Closed babla9 closed 2 weeks ago

babla9 commented 5 months ago

Thanks for your work and the repo!

As I understand, the inference for multimodal llm (eg llava, qwen-vl) can only be run in batch via the provided scripts here: https://github.com/modelscope/swift/blob/main/docs/source/Multi-Modal/llava最佳实践.md#微调后推理 ?

Any suggestions on how I can serve these models for live inference (eg exposing the service via port)?
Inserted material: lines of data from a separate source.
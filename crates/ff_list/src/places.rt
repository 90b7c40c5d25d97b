// The points of both maximal orders, and the first of them with a pole system.
ghost use Rattle.std.specs.Prelude.{◌≡◌, ◌<◌, ◌++◌, length, IfOk, IfSome};
ghost use Rattle.ff_functions.specs.Searches.{HasWeights};
ghost use Rattle.ff_forms.specs.Forms.{AreAlike};
ghost use Rattle.ff_const.specs.Irreducible.{IsIrreducible};
ghost use Rattle.ff_list.specs.Lists.{AreBothOrders, IsPointOf};
ghost use Rattle.ff_list.specs.Searches.{ArePlaces, IsPlace, IsFormed};
ghost use Rattle.ff_list.specs.Searches.{IsSystemIfAny, IsFirstIfAny};

use crate::curve::Curve;
use ff_alg::{FiniteField, NoMemory};
use ff_data::{Chart, Point, System};
use ff_points::points;
use ff_poles::find_system;
use std::alloc::Global;

/// One list of all points: those of the first list, and then those of the second one.
fn joined(first: Vec<Point>, second: Vec<Point>) -> Result<Vec<Point>, NoMemory>
    ensures { IfOk result (λ r. r.items ≡ first.items ++ second.items) }
{
    let (mut all, mut rest) = (first, second);
    all.append(&mut rest)?;
    Ok(all)
}

/// All points of an equation, those at infinity first.
pub fn places_of<K: FiniteField<E = u32>>(
    alloc: Global,
    curve: &Curve<K>,
) -> Result<Vec<Point>, NoMemory>
    requires { let c = curve.now in
        AreBothOrders (K.lawful c.alg.k) c.alg.f c.finite c.infinite }
    ensures { let c = curve.now in let L = K.lawful c.alg.k in
        IfOk result (λ r. ArePlaces L c.alg.f c.finite c.infinite r.items) }
{
    let infinite = points(alloc, &curve.alg, &curve.infinite)?;
    let finite = points(alloc, &curve.alg, &curve.finite)?;
    joined(infinite.items, finite.items)
}

/// A pole system, and the index of its point.
#[derive(Drop)]
pub struct Found {
    pub index: usize,
    pub system: System,
}

/// A pole system of a point within the pole limit; None where there is none, and where its pole
/// numbers differ from those of the system `like`.
pub fn system_at<K: FiniteField<E = u32>>(
    alloc: Global,
    curve: &Curve<K>,
    point: &Point,
    like: Option<&System>,
) -> Result<Option<System>, NoMemory>
    requires orders { let c = curve.now in
        AreBothOrders (K.lawful c.alg.k) c.alg.f c.finite c.infinite }
    requires point { let c = curve.now in
        IsPlace (K.elements c.alg.k) c.finite c.infinite point.now }
    requires like { IfSome like (λ s. HasWeights s.now) }
    ensures form { let c = curve.now in
        IfOk result (λ o. IfSome o (IsFormed (K.lawful c.alg.k) c.alg.f)) }
    ensures exact { let c = curve.now in let L = K.lawful c.alg.k in let p = point.now in
        let alike = λ (s : System). IfSome like.entry (λ t. AreAlike s t.now) in
        IsIrreducible L c.alg.f → IsPointOf L c.alg.f c.finite c.infinite p →
        IfOk result (IsSystemIfAny L c.alg.f c.finite c.infinite p alike) }
{
    let (finite, infinite) = (&curve.finite, &curve.infinite);
    match point.chart {
        Chart::Finite => find_system(alloc, &curve.alg, finite, infinite, point, like),
        Chart::Infinite => find_system(alloc, &curve.alg, infinite, finite, point, like),
    }
}

/// A pole system of a point whose pole numbers are those of a system.
pub fn system_like<K: FiniteField<E = u32>>(
    alloc: Global,
    curve: &Curve<K>,
    point: &Point,
    like: &System,
) -> Result<Option<System>, NoMemory>
    requires orders { let c = curve.now in
        AreBothOrders (K.lawful c.alg.k) c.alg.f c.finite c.infinite }
    requires point { let c = curve.now in
        IsPlace (K.elements c.alg.k) c.finite c.infinite point.now }
    requires like { HasWeights like.now }
    ensures { let c = curve.now in
        IfOk result (λ o. IfSome o (IsFormed (K.lawful c.alg.k) c.alg.f)) }
{
    system_at(alloc, curve, point, Some(like))
}

/// The first of the points that has a pole system within the pole limit.
pub fn first_of<K: FiniteField<E = u32>>(
    alloc: Global,
    curve: &Curve<K>,
    places: &[Point],
) -> Result<Option<Found>, NoMemory>
    requires { let c = curve.now in
        ArePlaces (K.lawful c.alg.k) c.alg.f c.finite c.infinite places.now }
    ensures index { IfOk result (λ o. IfSome o (λ s. s.index < length places.now)) }
    ensures system { let c = curve.now in let L = K.lawful c.alg.k in
        IfOk result (λ o. IfSome o (λ s. IsFormed L c.alg.f s.system)) }
    ensures first { let c = curve.now in let L = K.lawful c.alg.k in
        IsIrreducible L c.alg.f →
        IfOk result (IsFirstIfAny L c.alg.f c.finite c.infinite places.now) }
{
    for index in 0..places.len() {
        match system_at(alloc, curve, &places[index], None)? {
            Some(system) => return Ok(Some(Found { index, system })),
            None => {},
        }
    }
    Ok(None)
}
Jintao-Huang commented 5 months ago

You can refer to this document and single-sample inference in llava's best practice https://github.com/modelscope/swift/blob/main/docs/source/LLM/LLM%E5%BE%AE%E8%B0%83%E6%96%87%E6%A1%A3.md#%E5%BE%AE%E8%B0%83%E5%90%8E%E6%A8%A1%E5%9E%8B

Jintao-Huang commented 5 months ago

Additionally, model = Swift.from_pretrained(model, ckpt_dir, inference_mode=True) needs to be added.

babla9 commented 5 months ago

Thanks for the response! This single-sample inference has a long startup time, correct? How would I be able to serve this for use with a web-ui or service that's serving 100s of queries? Where total latency <5seconds?